Breitner was born in Rotterdam in 1857. For the decade between 1876 and 1886 he studied and worked in The Hague where he explored working class areas of the city, sketching the people and places he encountered. He embraced the social realism movement and considered himself le peintre du peuple, the painter of the people. He moved to Amsterdam in 1886 where he was soon able to add photography to drawing and painting. Breitner took pictures of street life, people at work and going about their business in the city, some of the photographs reminiscent of the kind of work Jacob Riis was doing in the crowded and scary tenements of New York City at the same time.

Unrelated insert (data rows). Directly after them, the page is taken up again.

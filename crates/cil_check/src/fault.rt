//! The faults of a joined policy.

use cil_text::Place;
use std::alloc::{AllocError, AllocFailed};
use thiserror::Error;

/// What is wrong with a policy. The codes are this project's own.
#[derive(Clone, Copy, Debug, PartialEq, Eq)]
pub enum PolicyFaultKind {
    /// A name that is declared and has an earlier declaration in the same table and namespace.
    Twice = 41,
    /// A name that leads to nothing, or a permission that its class lacks.
    Missing = 42,
    /// A name that leads to a thing of another kind than is asked.
    WrongKind = 43,
    /// An alias that an earlier statement gives an actual type.
    AliasTwice = 44,
    /// An alias without an actual type.
    AliasUnset = 45,
    /// A class that an earlier statement gives a common.
    SecondCommon = 46,
    /// A class of more than 32 permissions, its common's included.
    TooManyPermissions = 47,
    /// An attribute that depends on itself by its set statements.
    Circular = 48,
}

impl PolicyFaultKind {
    ghost use Rattle.std.specs.Prelude.{◌≡◌};
    ghost use Rattle.cil_specs.specs.PolicyFault.{code_of};
    ghost use Rattle.cil_check.specs.Image.{policy_kind_of};

    /// The number that a reply shows.
    pub fn code(self) -> u8
        ensures { result ≡ code_of (policy_kind_of self) }
    {
        self as u8
    }
}

/// Why a policy doesn't compile: out of memory, or what is wrong, in which module, where, and the word that shows it.
#[derive(Clone, Copy, Debug, Error)]
pub enum PolicyFault<'a> {
    #[error("out of memory")]
    Memory,
    #[error("{kind:?} at {}:{}", .at.line, .at.column)]
    Found {
        kind: PolicyFaultKind,
        module: &'a [u8],
        at: Place,
        word: &'a [u8],
    },
}

impl<'a> From<AllocError> for PolicyFault<'a> {
    ghost use Rattle.std.specs.Prelude.{◌≡◌};
    ghost use Rattle.cil_check.specs.declared.fault.PolicyFault.TheVariants.{Memory};

    ghost from_gives = { λ _ e. e ≡ Memory };

    fn from(_e: AllocError) -> PolicyFault<'a> {
        PolicyFault::Memory
    }
}

impl<'a, T: Drop> From<AllocFailed<T>> for PolicyFault<'a> {
    ghost use Rattle.std.specs.Prelude.{◌≡◌};
    ghost use Rattle.cil_check.specs.declared.fault.PolicyFault.TheVariants.{Memory};

    ghost from_gives = { λ _ e. e ≡ Memory };

    fn from(_e: AllocFailed<T>) -> PolicyFault<'a> {
        PolicyFault::Memory
    }
}
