//! Attributes that depend on themselves.

ghost use Rattle.std.specs.Prelude.{◌≢◌, ◌↔◌, [], List, IsTrue, OnOk, IfErr};
ghost use Rattle.cil_check.specs.Common.{Placed, circular, IsFaultOf, IsLeast, IsOf, IsNoted, PolicyFaultIs};
ghost use Rattle.cil_specs.specs.Rule.{sets_of};

use crate::attribute_graph::AttributeNumbers;
use crate::bound::BoundPolicy;
use crate::checker::Checker;
use crate::fault::{PolicyFault, PolicyFaultKind};
use cil_dependence::first_circle;
use cil_parse::StatementKind;
use std::alloc::Allocator;

impl<'p, 'm, A: Allocator> BoundPolicy<'p, 'm, A> {
    /// Whether there is a set statement. Without one no attribute depends on itself, and no graph is needed.
    fn has_sets(&self) -> bool
        requires { (policy : List Placed) × IsOf self.now policy }
        ensures { (policy : List Placed) → IsOf self.now policy → IsTrue result ↔ (sets_of policy ≢ []) }
    {
        for i in 0..self.len() {
            if let StatementKind::TypeAttributeSet = self.kind(i) {
                return true;
            }
        }
        false
    }
}

impl<'p, 'm, A: Allocator + Copy> Checker<'p, 'm, A> {
    /// The first attribute that depends on itself: by module name, and then by offset.
    pub fn check_circles(&self, alloc: A) -> Result<(), PolicyFault<'m>>
        requires { (policy : List Placed) × IsNoted self.now policy }
        ensures ok { OnOk result ((policy : List Placed) → IsNoted self.now policy
            → (fault : _) → IsFaultOf circular policy fault → ⊥) }
        ensures err { IfErr result (λ fault. (policy : List Placed) → IsNoted self.now policy
            → PolicyFaultIs fault (IsLeast (IsFaultOf circular policy))) }
    {
        if !self.bound.has_sets() {
            return Ok(());
        }
        let attributes = AttributeNumbers::of(alloc, &self.bound)?;
        let graph = attributes.graph(alloc, &self.bound)?;
        let Some(number) = first_circle(alloc, &graph)? else {
            return Ok(());
        };
        let seen = self.bound.seen(attributes.places[number]);
        let Some(word) = seen.word(0) else {
            unreachable!("an attribute has a name");
        };
        Err(seen.fault(PolicyFaultKind::Circular, word))
    }
}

Breitner was one of the first artists to use photos as studies for specific paintings, not just of street scenes but in the studio as well. He integrated his social realist perspective in his studio portraits, making a point of employing models from the working class. One of them was a milliner’s shopgirl named Geesje Kwak who, along with her sister Anna, posed for Breitner in around 1893-1895 when she was 16-18 years old. It was Geesje Kwak who would be immortalized as the girl in a kimono.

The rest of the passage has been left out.